Younger radiologists and those who graduated from medical school within the past 15 years were 2 to 4 times more likely to the have a false-positive interpretation of a mammogram than those who were older and had been out of medical school longer. This means that, according to this study, if a woman went to two randomly chosen radiologists, her odds of having a false-positive would be about 2 to 4 times greater for the younger, less experienced radiologist compared with the older more experienced one.

Researchers also found a 40% reduction in the false positive rate (5.4% versus 9.0%) when a previous mammogram was available for comparison. In addition, women who had mammograms within 18 months of the previous mammogram were less likely to have a false-positive result compared to those women who waited longer or did not have a previous screening. Women who were younger, premenopausal, taking HRT, had a positive family history of breast cancer, or had a previous breast biopsy were also more likely to have a false-positive screening test result.

Adjustments were made for the number of mammograms each radiologist read, as well as each woman’s overall “risk” for having a false positive including: younger age, HRT use, family history of breast cancer, and history of breast biopsy. After making these adjustments the rates of variability remained basically the same.

Though this research sheds light on factors that may influence false-positive mammograms, there are some limitations to the study. First, the radiologists were not interpreting the same mammogram films, so the researchers could not make any direct comparisons between the performances of individual radiologists. Second, because of the eligibility criteria, a number of mammograms read by these radiologists were not included in the study. Third, only a small number of women were actually diagnosed with breast cancer (45 total), so researchers were not able to analyze the predictive value of mammography in this group of women--the probability of actually having cancer if the test is positive. Finally, these results may not apply to the general population of US women, because the false positive rates for this group were lower than the national average and the majority of women surveyed were white.

How Does This Affect You?

This study confirms the high rate of false positives associated with mammography, especially in younger women. While it is natural to assume the worse when faced with the bad news of a positive result, statistically speaking a positive mammogram is more likely not to be cancer.

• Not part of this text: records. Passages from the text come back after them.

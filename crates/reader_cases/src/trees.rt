//! Reads short Verilog sources, and prints their trees.
//!
//! A row is a statement: a word, and a text behind one blank.
//!
//! | statement | what it prints |
//! |---|---|
//! | `parse TEXT` | The modules as S-expressions. |
//! | `item TEXT` | The same of `module m; TEXT endmodule`. |
//! | `statement TEXT` | The same of `module m; initial TEXT endmodule`. |
//! | `value TEXT` | The same of `module m; assign y = TEXT; endmodule`. |
//! | `copy TEXT` | The statement as it stands behind `initial`, and whether its copy is the same. |
//! | `deep PART§PART§..` | Whether the parts make modules, where `200*x` is 200 times `x`. |
//!
//! Each prints the refusal with its place where there is one. A line that begins with `#` is printed, and an empty one is
//! left out.
mod shown;

use case_lines::{END, Page, is_short};
use std::alloc::{AllocError, Global};
use std::io;
use vlog_parse::{ParseError, parse};
use vlog_syntax::{Item, PlainItem, Stmt};
use vlog_token::{Token, tokens};

fn put_refusal(page: &mut Page, alloc: Global, error: ParseError) {
    match error {
        ParseError::Unexpected(place) => page.put_at("Unexpected", place),
        ParseError::Unsupported(place, feature) => {
            match format!(in alloc; "Unsupported {feature:?}") {
                Ok(word) => page.put_at(word.as_str(), place),
                Err(_) => page.put("Memory"),
            }
        }
        ParseError::UnknownMacro(place) => page.put_at("UnknownMacro", place),
        ParseError::OpenCondition(place) => page.put_at("OpenCondition", place),
        ParseError::TooDeep(place) => page.put_at("TooDeep", place),
        ParseError::TooMany(_) => page.put("TooMany Tokens"),
        ParseError::Memory => page.put("Memory"),
    }
}

/// The modules of the tokens.
fn put_modules(page: &mut Page, alloc: Global, list: &[Token<'_>]) {
    match parse(alloc, list, END) {
        Ok(modules) => {
            for module in &modules {
                shown::module(page, module);
            }
        }
        Err(error) => put_refusal(page, alloc, error),
    }
}

/// A statement, and whether its copy is the same.
fn put_copied(page: &mut Page, alloc: Global, body: &Stmt) {
    let mut whole = Page::new(alloc);
    shown::stmt(&mut whole, body);
    page.put(whole.text());
    match body.copy(alloc) {
        Ok(copy) => {
            let mut other = Page::new(alloc);
            shown::stmt(&mut other, &copy);
            page.put(if other.text() == whole.text() {
                " the same"
            } else {
                " another"
            });
        }
        Err(_) => page.put(" Memory"),
    }
}

/// The statement of an item that is a process.
fn process_body(item: &Item) -> Option<&Stmt> {
    match item {
        Item::Plain(plain) => match plain.get() {
            PlainItem::Process(process) => Some(process.body.get()),
            _ => None,
        },
        _ => None,
    }
}

/// The statements of the processes among items.
fn put_bodies(page: &mut Page, alloc: Global, items: &[Item]) {
    for item in items {
        if let Some(body) = process_body(item) {
            put_copied(page, alloc, body);
        }
    }
}

/// The statements of processes.
fn put_copies(page: &mut Page, alloc: Global, list: &[Token<'_>]) {
    match parse(alloc, list, END) {
        Ok(modules) => {
            for module in &modules {
                put_bodies(page, alloc, module.items.as_slice());
            }
        }
        Err(error) => put_refusal(page, alloc, error),
    }
}

/// How many modules the tokens have.
fn put_count(page: &mut Page, alloc: Global, list: &[Token<'_>]) {
    match parse(alloc, list, END) {
        Ok(modules) => {
            page.put("modules ");
            match u64::try_from(modules.len()) {
                Ok(count) => page.put_number(count.into()),
                Err(_) => page.put("many"),
            }
        }
        Err(error) => put_refusal(page, alloc, error),
    }
}

/// The parts of a text, those with a number and `*` as often as the number says.
fn repeated(alloc: Global, text: &str) -> Result<String, AllocError> {
    let mut whole = String::new(alloc);
    for part in text.split('§') {
        push_repeated(&mut whole, part)?;
    }
    Ok(whole)
}

fn push_repeated(whole: &mut String, part: &str) -> Result<(), AllocError> {
    let counted = part
        .split_once('*')
        .and_then(|(count, inner)| Some((count.parse::<u16>().ok()?, inner)));
    let (count, inner) = counted.unwrap_or((1, part));
    for _ in 0..count {
        whole.push_str(inner)?;
    }
    Ok(())
}

/// What is asked of a text.
#[derive(Clone, Copy)]
enum Question {
    Modules,
    Copies,
    Count,
}

/// The page that answers for a text.
fn answer(alloc: Global, question: Question, text: &str) -> Page {
    let mut page = Page::new(alloc);
    if !is_short(text) {
        page.put("no tokens");
        return page;
    }
    match tokens(alloc, 0, text) {
        Err(_) => page.put("no tokens"),
        Ok(list) => match question {
            Question::Modules => put_modules(&mut page, alloc, list.as_slice()),
            Question::Copies => put_copies(&mut page, alloc, list.as_slice()),
            Question::Count => put_count(&mut page, alloc, list.as_slice()),
        },
    }
    page
}

/// The page for a text between two others.
fn within(
    alloc: Global,
    question: Question,
    before: &str,
    text: &str,
    behind: &str,
) -> Result<Page, AllocError> {
    let whole = format!(in alloc; "{before}{text}{behind}")?;
    Ok(answer(alloc, question, whole.as_str()))
}

/// The page for a statement, where there is one of this word.
fn page_of(alloc: Global, verb: &str, text: &str) -> Result<Option<Page>, AllocError> {
    let (question, before, behind) = match verb {
        "parse" => (Question::Modules, "", ""),
        "item" => (Question::Modules, "module m; ", " endmodule"),
        "statement" => (Question::Modules, "module m; initial ", " endmodule"),
        "value" => (Question::Modules, "module m; assign y = ", "; endmodule"),
        "copy" => (Question::Copies, "module m; initial ", " endmodule"),
        "deep" => {
            let whole = repeated(alloc, text)?;
            return Ok(Some(answer(alloc, Question::Count, whole.as_str())));
        }
        _ => return Ok(None),
    };
    Ok(Some(within(alloc, question, before, text, behind)?))
}

/// Carries out a statement.
pub(crate) fn carry_out<R: Print + AllocGlobal>(rt: &R, line: &str) -> io::Result<()> {
    let (verb, rest) = line.split_once(' ').unwrap_or((line, ""));
    match verb {
        "" => Ok(()),
        "#" => println!(rt; "{line}"),
        _ => {
            println!(rt; "> {line}")?;
            match page_of(rt.alloc(), verb, rest)? {
                Some(page) => println!(rt; "{}", page.text()),
                None => println!(rt; "no statement"),
            }
        }
    }
}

New technologies for reducing the number of false-positives in mammogram screening are on the horizon. For instance, there are already computers programs designed to help radiologists target certain abnormalities that might be shown on a mammogram. While these technologies are promising, we are still years away from their routine use in a clinical setting.

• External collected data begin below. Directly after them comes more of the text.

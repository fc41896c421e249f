//! Variables, places and the tests of places.
#![tactic(auto, unfolding(check_moves::specs::View::around, check_moves::specs::View::now, check_moves::specs::View::told))]

ghost use Rattle.std.specs.Prelude.{◌≡◌, None, Some, OnOk, IfOk, if◌then◌else◌};
ghost use Rattle.std.specs.Option.{option_map};
ghost use Rattle.flow_facts.specs.declared.test.Test as test;
ghost use Rattle.scopes.specs.Rows.{kind_view};
ghost use Rattle.place_tests.specs.View.{comparison_view};
ghost use Rattle.code_tree.specs.Flat.{prefix_view, prefixes_view};
ghost use Rattle.typing.specs.Names.{Binding};
ghost use Rattle.typing.specs.Tests.{assume_on_property};
ghost use Rattle.typing.specs.States.{change_facts, assume, on_yes, plainly};
ghost use Rattle.typing.specs.Forms.{variable_place_of, maybe_place_out, variable_out, compared_out, swapped, signed_out, prefix_out, prefixes_out};
ghost use Rattle.typing.specs.Typing.{truth_out};
ghost use Rattle.check_world.specs.View.{world_view};
ghost use Rattle.fact_ways.specs.Ways.{Fits};
ghost use Rattle.check_moves.specs.View.{around, scope, now, told};
ghost use Rattle.check_moves.specs.Follows.{Follows};
ghost use Rattle.expression_moves.specs.Moves.{assume_by};

use check_moves::{Read, State};
use check_world::World;
use code_tree::{Prefix, PrefixMark};
use flow_facts::{Place, Test};
use flow_values::{Boxed, NoMemory, Text};
use part_steps::ask_number;
use place_tests::{Comparison, variable_place};
use scopes::{Meaning, Variable};
use type_values::FlowType;

// The place of a variable, where it has facts.
#[tactic(auto, using(crate::proofs::Stepping::place_known, crate::proofs::Stepping::no_place_known), unfolding(check_moves::specs::View::around, check_moves::specs::View::now, check_moves::specs::View::told))]
fn place_of(variable: Variable) -> Option<Place>
    ensures { (b : Binding) → variable.number ≡ b.number → kind_view variable.kind ≡ b.kind → result ≡ variable_place_of b }
{
    if variable.kind.has_facts() {
        Some(variable_place(variable.number))
    } else {
        None
    }
}

// The test that holds where a comparison is true, and the one that holds where it is false.
fn in_order(negated: bool, equal: Test, differ: Test) -> (Test, Test)
    ensures { result ≡ (if negated then differ else equal, if negated then equal else differ) }
{
    if negated {
        (differ, equal)
    } else {
        (equal, differ)
    }
}
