// Where a bitmap's pixels lie: in the screen or in the pane's store, and at which of its bytes and bits.
ghost use Rattle.std.specs.Prelude.{◌≡◌, false, ◌≤◌};
ghost use Rattle.model.specs.Bitmaps.{is_pane, surface_of};
ghost use Rattle.model.specs.Faults.{no_bitmap};
ghost use Rattle.bitmaps.specs.Areas.{Active, OnScreen, area_of, landing_area, screen_from, source_of};

use crate::{bitmap_of, row_words};
use model::{Bitmap, Frame, Surface};

// A surface, which lies in the screen if `onscreen` and else in the store.
#[derive(Clone, Copy)]
pub struct Area {
    pub onscreen: bool,
    pub surface: Surface,
}

// The surface of a bitmap: the pane's rectangle of the screen, or a bitmap in the store.
pub fn surface_of(f: Frame, b: Bitmap) -> Surface
    requires { (f.geometry.width ≤ 4096) × (f.geometry.depth ≤ 8) }
    ensures { result ≡ surface_of f.geometry f.row b }
{
    let g = f.geometry;
    let r = f.row;
    match b {
        Bitmap::Absent => Surface {
            base: 0,
            words: 0,
            bits: 0,
            left: 0,
            top: 0,
            width: 0,
            height: 0,
        },
        Bitmap::Pane { .. } => Surface {
            base: 0,
            words: row_words(g.width as usize, g.depth as usize),
            bits: g.depth as usize,
            left: r.left as usize,
            top: r.top as usize,
            width: r.width as usize,
            height: r.height as usize,
        },
        Bitmap::Store {
            address,
            xmax,
            ymax,
            bits,
        } => Surface {
            base: address as usize,
            words: row_words(xmax as usize + 1, bits as usize),
            bits: bits as usize,
            left: 0,
            top: 0,
            width: xmax as usize + 1,
            height: ymax as usize + 1,
        },
    }
}

// Whether a bitmap is the pane.
pub fn is_pane(b: Bitmap) -> bool
    ensures { result ≡ is_pane b }
{
    matches!(b, Bitmap::Pane { .. })
}

// The area of a bitmap.
pub fn area_of(f: Frame, b: Bitmap) -> Area
    requires { (f.geometry.width ≤ 4096) × (f.geometry.depth ≤ 8) }
    ensures { result ≡ area_of f.geometry f.row b }
{
    let surface = surface_of(f, b);
    Area {
        onscreen: is_pane(b),
        surface,
    }
}

// The screen from the pane's corner on.
fn screen_from(f: Frame) -> Surface
    requires { OnScreen f.geometry f.row }
    ensures { result ≡ screen_from f.geometry f.row }
{
    let g = f.geometry;
    let r = f.row;
    Surface {
        base: 0,
        words: row_words(g.width as usize, g.depth as usize),
        bits: g.depth as usize,
        left: r.left as usize,
        top: r.top as usize,
        width: (g.width - r.left) as usize,
        height: (g.height - r.top) as usize,
    }
}

// The area that commands draw in, by the active bitmap. On the pane the row says where its corner is, and no more.
pub fn landing_area(f: Frame, b: Bitmap) -> Area
    requires { OnScreen f.geometry f.row }
    ensures { result ≡ landing_area f.geometry f.row b }
{
    match b {
        Bitmap::Absent => area_of(f, b),
        Bitmap::Pane { .. } => {
            let surface = screen_from(f);
            Area {
                onscreen: true,
                surface,
            }
        }
        Bitmap::Store { .. } => area_of(f, b),
    }
}

// The bitmap that BIT_BLT_M names: it has the active bitmap's bits per pixel.
pub fn source_of(f: Frame, active: Bitmap, address: u32, xmax: u16, ymax: u16) -> Bitmap
    requires { Active f.geometry f.row active }
    ensures { (result ≡ source_of f.geometry f.row active address xmax ymax) × (no_bitmap result ≡ false) }
{
    let s = surface_of(f, active);
    bitmap_of(address, xmax, ymax, s.bits as u16)
}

So, what can be done in the meantime? Women in their twenties and thirties may want to consider a clinical breast exam (which is performed by a physician) every three years. When to start having mammograms and how often to have them is still hotly debated, especially in light of the fact that younger women tend to have more false-positive results. At this time, the National Cancer Institute recommends mammograms every one to two years for women over age 40. NCI also recommends that women with a family history of breast cancer seek expert medical advice about starting mammograms before age 40 and how often to be screened. Other authorities recommend routine mammograms beginning at age 50.

One of the most important issues that this study raises is the appropriate place of second opinions for medical procedures. Although there is no guarantee that another radiologist will read the mammogram more accurately, having two radiologists agree is certainly more reassuring. The findings of this study do suggest that, at least in the case of mammography, a second opinion may be worthwhile before proceeding with further tests.